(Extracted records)
★ ★ ★

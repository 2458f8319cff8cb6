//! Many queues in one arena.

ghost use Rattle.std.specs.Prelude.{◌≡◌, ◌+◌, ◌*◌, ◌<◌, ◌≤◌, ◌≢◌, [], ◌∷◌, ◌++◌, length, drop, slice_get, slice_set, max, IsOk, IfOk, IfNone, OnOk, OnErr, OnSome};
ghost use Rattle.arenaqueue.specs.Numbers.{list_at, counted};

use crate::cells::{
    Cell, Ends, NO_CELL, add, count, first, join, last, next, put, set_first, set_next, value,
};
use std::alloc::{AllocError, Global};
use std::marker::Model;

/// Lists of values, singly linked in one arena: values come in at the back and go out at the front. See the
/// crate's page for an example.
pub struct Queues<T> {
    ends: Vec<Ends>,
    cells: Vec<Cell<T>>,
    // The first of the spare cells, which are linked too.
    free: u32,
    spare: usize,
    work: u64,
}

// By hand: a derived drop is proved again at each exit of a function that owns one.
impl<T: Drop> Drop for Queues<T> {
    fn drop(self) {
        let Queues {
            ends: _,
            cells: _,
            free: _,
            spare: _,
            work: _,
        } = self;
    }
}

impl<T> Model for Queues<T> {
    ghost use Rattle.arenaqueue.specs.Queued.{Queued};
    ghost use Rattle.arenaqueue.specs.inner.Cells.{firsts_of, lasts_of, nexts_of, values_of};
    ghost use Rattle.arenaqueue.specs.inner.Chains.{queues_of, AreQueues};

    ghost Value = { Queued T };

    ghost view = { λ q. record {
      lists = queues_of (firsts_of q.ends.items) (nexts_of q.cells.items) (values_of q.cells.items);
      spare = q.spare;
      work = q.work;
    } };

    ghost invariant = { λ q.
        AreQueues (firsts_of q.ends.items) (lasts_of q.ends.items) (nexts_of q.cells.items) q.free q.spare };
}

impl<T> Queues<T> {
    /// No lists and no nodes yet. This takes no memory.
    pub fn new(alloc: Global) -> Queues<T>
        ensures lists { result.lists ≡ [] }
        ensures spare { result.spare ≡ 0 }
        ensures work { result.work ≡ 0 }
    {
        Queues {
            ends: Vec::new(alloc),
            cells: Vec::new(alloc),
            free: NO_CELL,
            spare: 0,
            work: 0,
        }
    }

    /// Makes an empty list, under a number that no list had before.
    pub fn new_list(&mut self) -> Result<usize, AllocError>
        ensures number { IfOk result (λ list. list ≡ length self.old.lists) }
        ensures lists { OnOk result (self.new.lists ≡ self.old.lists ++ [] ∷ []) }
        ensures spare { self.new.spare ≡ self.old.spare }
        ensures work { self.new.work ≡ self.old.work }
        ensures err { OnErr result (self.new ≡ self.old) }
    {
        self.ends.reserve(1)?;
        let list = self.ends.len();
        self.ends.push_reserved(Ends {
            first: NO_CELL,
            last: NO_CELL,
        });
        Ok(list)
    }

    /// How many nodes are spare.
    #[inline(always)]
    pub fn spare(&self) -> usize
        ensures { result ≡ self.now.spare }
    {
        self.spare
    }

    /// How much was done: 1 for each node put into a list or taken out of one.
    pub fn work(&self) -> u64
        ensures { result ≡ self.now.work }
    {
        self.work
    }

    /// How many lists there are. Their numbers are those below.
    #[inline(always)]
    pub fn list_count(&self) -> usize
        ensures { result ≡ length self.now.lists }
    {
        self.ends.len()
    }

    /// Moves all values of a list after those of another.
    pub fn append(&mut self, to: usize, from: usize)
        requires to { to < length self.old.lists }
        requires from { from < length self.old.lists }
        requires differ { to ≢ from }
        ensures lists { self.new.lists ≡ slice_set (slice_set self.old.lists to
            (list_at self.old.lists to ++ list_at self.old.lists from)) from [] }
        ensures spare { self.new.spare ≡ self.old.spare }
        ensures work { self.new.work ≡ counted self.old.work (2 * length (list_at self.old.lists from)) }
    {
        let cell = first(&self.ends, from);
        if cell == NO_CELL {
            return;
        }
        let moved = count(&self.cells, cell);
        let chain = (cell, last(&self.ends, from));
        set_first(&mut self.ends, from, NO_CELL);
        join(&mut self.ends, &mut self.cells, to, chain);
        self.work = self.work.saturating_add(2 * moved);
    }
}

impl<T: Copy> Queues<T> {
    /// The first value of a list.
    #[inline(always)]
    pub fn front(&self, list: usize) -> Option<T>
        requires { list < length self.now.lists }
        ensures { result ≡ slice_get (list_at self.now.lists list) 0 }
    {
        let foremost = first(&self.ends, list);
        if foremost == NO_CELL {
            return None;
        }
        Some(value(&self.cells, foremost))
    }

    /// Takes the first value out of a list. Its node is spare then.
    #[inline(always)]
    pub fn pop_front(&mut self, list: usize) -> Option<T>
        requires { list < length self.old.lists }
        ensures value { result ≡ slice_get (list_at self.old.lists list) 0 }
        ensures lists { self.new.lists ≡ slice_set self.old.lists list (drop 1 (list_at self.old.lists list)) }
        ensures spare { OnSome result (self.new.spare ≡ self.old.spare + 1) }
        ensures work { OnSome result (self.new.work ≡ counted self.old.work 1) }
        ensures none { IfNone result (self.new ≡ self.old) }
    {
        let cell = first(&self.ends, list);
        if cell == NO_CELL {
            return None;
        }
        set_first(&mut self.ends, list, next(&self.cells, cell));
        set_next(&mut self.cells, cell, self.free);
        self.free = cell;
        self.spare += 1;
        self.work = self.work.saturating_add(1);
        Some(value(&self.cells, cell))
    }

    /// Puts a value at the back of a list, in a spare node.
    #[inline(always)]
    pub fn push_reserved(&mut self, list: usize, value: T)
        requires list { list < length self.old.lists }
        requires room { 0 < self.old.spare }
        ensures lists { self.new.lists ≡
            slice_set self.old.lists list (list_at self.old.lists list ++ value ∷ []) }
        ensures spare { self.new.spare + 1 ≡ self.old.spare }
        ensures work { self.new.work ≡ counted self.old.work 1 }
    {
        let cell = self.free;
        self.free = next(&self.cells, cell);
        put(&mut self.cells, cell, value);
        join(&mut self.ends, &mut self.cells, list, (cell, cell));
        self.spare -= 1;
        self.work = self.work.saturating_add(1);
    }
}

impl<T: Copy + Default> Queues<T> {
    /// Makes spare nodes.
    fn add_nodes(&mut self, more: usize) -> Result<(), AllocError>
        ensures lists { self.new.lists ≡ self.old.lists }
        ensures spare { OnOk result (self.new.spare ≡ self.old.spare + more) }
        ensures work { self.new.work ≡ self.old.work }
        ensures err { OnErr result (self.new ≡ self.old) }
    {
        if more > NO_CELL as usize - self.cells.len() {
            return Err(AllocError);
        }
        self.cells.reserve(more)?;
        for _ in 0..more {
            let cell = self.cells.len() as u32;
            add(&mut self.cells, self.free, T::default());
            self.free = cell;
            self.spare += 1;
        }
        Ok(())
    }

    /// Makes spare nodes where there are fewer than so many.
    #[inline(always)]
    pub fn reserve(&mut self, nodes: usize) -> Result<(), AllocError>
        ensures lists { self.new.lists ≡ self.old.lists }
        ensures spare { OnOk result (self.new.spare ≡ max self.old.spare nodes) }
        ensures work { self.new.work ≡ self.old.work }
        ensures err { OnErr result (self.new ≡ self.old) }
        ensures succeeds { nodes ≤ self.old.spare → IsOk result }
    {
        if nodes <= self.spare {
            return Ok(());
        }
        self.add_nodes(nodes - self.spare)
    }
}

★ ★ ★

:: AIM OF THE TASK ::
Only an exact transcription of all the records above counts as an answer.

:: RESPONSE BOX ::
repository 2458f8319cff8cb6
//! Many queues in one arena.

ghost use Rattle.std.specs.Prelude.{◌≡◌, ◌+◌, ◌*◌, ◌<◌, ◌≤◌, ◌≢◌, [], ◌∷◌, ◌++◌, length, drop, slice_get, slice_set, max, IsOk, IfOk, IfNone, OnOk, OnErr, OnSome};
ghost use Rattle.arenaqueue.specs.Numbers.{list_at, counted};

use crate::cells::{
    Cell, Ends, NO_CELL, add, count, first, join, last, next, put, set_first, set_next, value,
};
use std::alloc::{AllocError, Global};
use std::marker::Model;

/// Lists of values, singly linked in one arena: values come in at the back and go out at the front. See the
/// crate's page for an example.
pub struct Queues<T> {
    ends: Vec<Ends>,
    cells: Vec<Cell<T>>,
    // The first of the spare cells, which are linked too.
    free: u32,
    spare: usize,
    work: u64,
}

// By hand: a derived drop is proved again at each exit of a function that owns one.
impl<T: Drop> Drop for Queues<T> {
    fn drop(self) {
        let Queues {
            ends: _,
            cells: _,
            free: _,
            spare: _,
            work: _,
        } = self;
    }
}

impl<T> Model for Queues<T> {
    ghost use Rattle.arenaqueue.specs.Queued.{Queued};
    ghost use Rattle.arenaqueue.specs.inner.Cells.{firsts_of, lasts_of, nexts_of, values_of};
    ghost use Rattle.arenaqueue.specs.inner.Chains.{queues_of, AreQueues};

    ghost Value = { Queued T };

    ghost view = { λ q. record {
      lists = queues_of (firsts_of q.ends.items) (nexts_of q.cells.items) (values_of q.cells.items);
      spare = q.spare;
      work = q.work;
    } };

    ghost invariant = { λ q.
        AreQueues (firsts_of q.ends.items) (lasts_of q.ends.items) (nexts_of q.cells.items) q.free q.spare };
}

impl<T> Queues<T> {
    /// No lists and no nodes yet. This takes no memory.
    pub fn new(alloc: Global) -> Queues<T>
        ensures lists { result.lists ≡ [] }
        ensures spare { result.spare ≡ 0 }
        ensures work { result.work ≡ 0 }
    {
        Queues {
            ends: Vec::new(alloc),
            cells: Vec::new(alloc),
            free: NO_CELL,
            spare: 0,
            work: 0,
        }
    }

    /// Makes an empty list, under a number that no list had before.
    pub fn new_list(&mut self) -> Result<usize, AllocError>
        ensures number { IfOk result (λ list. list ≡ length self.old.lists) }
        ensures lists { OnOk result (self.new.lists ≡ self.old.lists ++ [] ∷ []) }
        ensures spare { self.new.spare ≡ self.old.spare }
        ensures work { self.new.work ≡ self.old.work }
        ensures err { OnErr result (self.new ≡ self.old) }
    {
        self.ends.reserve(1)?;
        let list = self.ends.len();
        self.ends.push_reserved(Ends {
            first: NO_CELL,
            last: NO_CELL,
        });
        Ok(list)
    }

    /// How many nodes are spare.
    #[inline(always)]
    pub fn spare(&self) -> usize
        ensures { result ≡ self.now.spare }
    {
        self.spare
    }

    /// How much was done: 1 for each node put into a list or taken out of one.
    pub fn work(&self) -> u64
        ensures { result ≡ self.now.work }
    {
        self.work
    }

    /// How many lists there are. Their numbers are those below.
    #[inline(always)]
    pub fn list_count(&self) -> usize
        ensures { result ≡ length self.now.lists }
    {
        self.ends.len()
    }

    /// Moves all values of a list after those of another.
    pub fn append(&mut self, to: usize, from: usize)
        requires to { to < length self.old.lists }
        requires from { from < length self.old.lists }
        requires differ { to ≢ from }
        ensures lists { self.new.lists ≡ slice_set (slice_set self.old.lists to
            (list_at self.old.lists to ++ list_at self.old.lists from)) from [] }
        ensures spare { self.new.spare ≡ self.old.spare }
        ensures work { self.new.work ≡ counted self.old.work (2 * length (list_at self.old.lists from)) }
    {
        let cell = first(&self.ends, from);
        if cell == NO_CELL {
            return;
        }
        let moved = count(&self.cells, cell);
        let chain = (cell, last(&self.ends, from));
        set_first(&mut self.ends, from, NO_CELL);
        join(&mut self.ends, &mut self.cells, to, chain);
        self.work = self.work.saturating_add(2 * moved);
    }
}

impl<T: Copy> Queues<T> {
    /// The first value of a list.
    #[inline(always)]
    pub fn front(&self, list: usize) -> Option<T>
        requires { list < length self.now.lists }
        ensures { result ≡ slice_get (list_at self.now.lists list) 0 }
    {
        let foremost = first(&self.ends, list);
        if foremost == NO_CELL {
            return None;
        }
        Some(value(&self.cells, foremost))
    }

    /// Takes the first value out of a list. Its node is spare then.
    #[inline(always)]
    pub fn pop_front(&mut self, list: usize) -> Option<T>
        requires { list < length self.old.lists }
        ensures value { result ≡ slice_get (list_at self.old.lists list) 0 }
        ensures lists { self.new.lists ≡ slice_set self.old.lists list (drop 1 (list_at self.old.lists list)) }
        ensures spare { OnSome result (self.new.spare ≡ self.old.spare + 1) }
        ensures work { OnSome result (self.new.work ≡ counted self.old.work 1) }
        ensures none { IfNone result (self.new ≡ self.old) }
    {
        let cell = first(&self.ends, list);
        if cell == NO_CELL {
            return None;
        }
        set_first(&mut self.ends, list, next(&self.cells, cell));
        set_next(&mut self.cells, cell, self.free);
        self.free = cell;
        self.spare += 1;
        self.work = self.work.saturating_add(1);
        Some(value(&self.cells, cell))
    }

    /// Puts a value at the back of a list, in a spare node.
    #[inline(always)]
    pub fn push_reserved(&mut self, list: usize, value: T)
        requires list { list < length self.old.lists }
        requires room { 0 < self.old.spare }
        ensures lists { self.new.lists ≡
            slice_set self.old.lists list (list_at self.old.lists list ++ value ∷ []) }
        ensures spare { self.new.spare + 1 ≡ self.old.spare }
        ensures work { self.new.work ≡ counted self.old.work 1 }
    {
        let cell = self.free;
        self.free = next(&self.cells, cell);
        put(&mut self.cells, cell, value);
        join(&mut self.ends, &mut self.cells, list, (cell, cell));
        self.spare -= 1;
        self.work = self.work.saturating_add(1);
    }
}

impl<T: Copy + Default> Queues<T> {
    /// Makes spare nodes.
    fn add_nodes(&mut self, more: usize) -> Result<(), AllocError>
        ensures lists { self.new.lists ≡ self.old.lists }
        ensures spare { OnOk result (self.new.spare ≡ self.old.spare + more) }
        ensures work { self.new.work ≡ self.old.work }
        ensures err { OnErr result (self.new ≡ self.old) }
    {
        if more > NO_CELL as usize - self.cells.len() {
            return Err(AllocError);
        }
        self.cells.reserve(more)?;
        for _ in 0..more {
            let cell = self.cells.len() as u32;
            add(&mut self.cells, self.free, T::default());
            self.free = cell;
            self.spare += 1;
        }
        Ok(())
    }

    /// Makes spare nodes where there are fewer than so many.
    #[inline(always)]
    pub fn reserve(&mut self, nodes: usize) -> Result<(), AllocError>
        ensures lists { self.new.lists ≡ self.old.lists }
        ensures spare { OnOk result (self.new.spare ≡ max self.old.spare nodes) }
        ensures work { self.new.work ≡ self.old.work }
        ensures err { OnErr result (self.new ≡ self.old) }
        ensures succeeds { nodes ≤ self.old.spare → IsOk result }
    {
        if nodes <= self.spare {
            return Ok(());
        }
        self.add_nodes(nodes - self.spare)
    }
}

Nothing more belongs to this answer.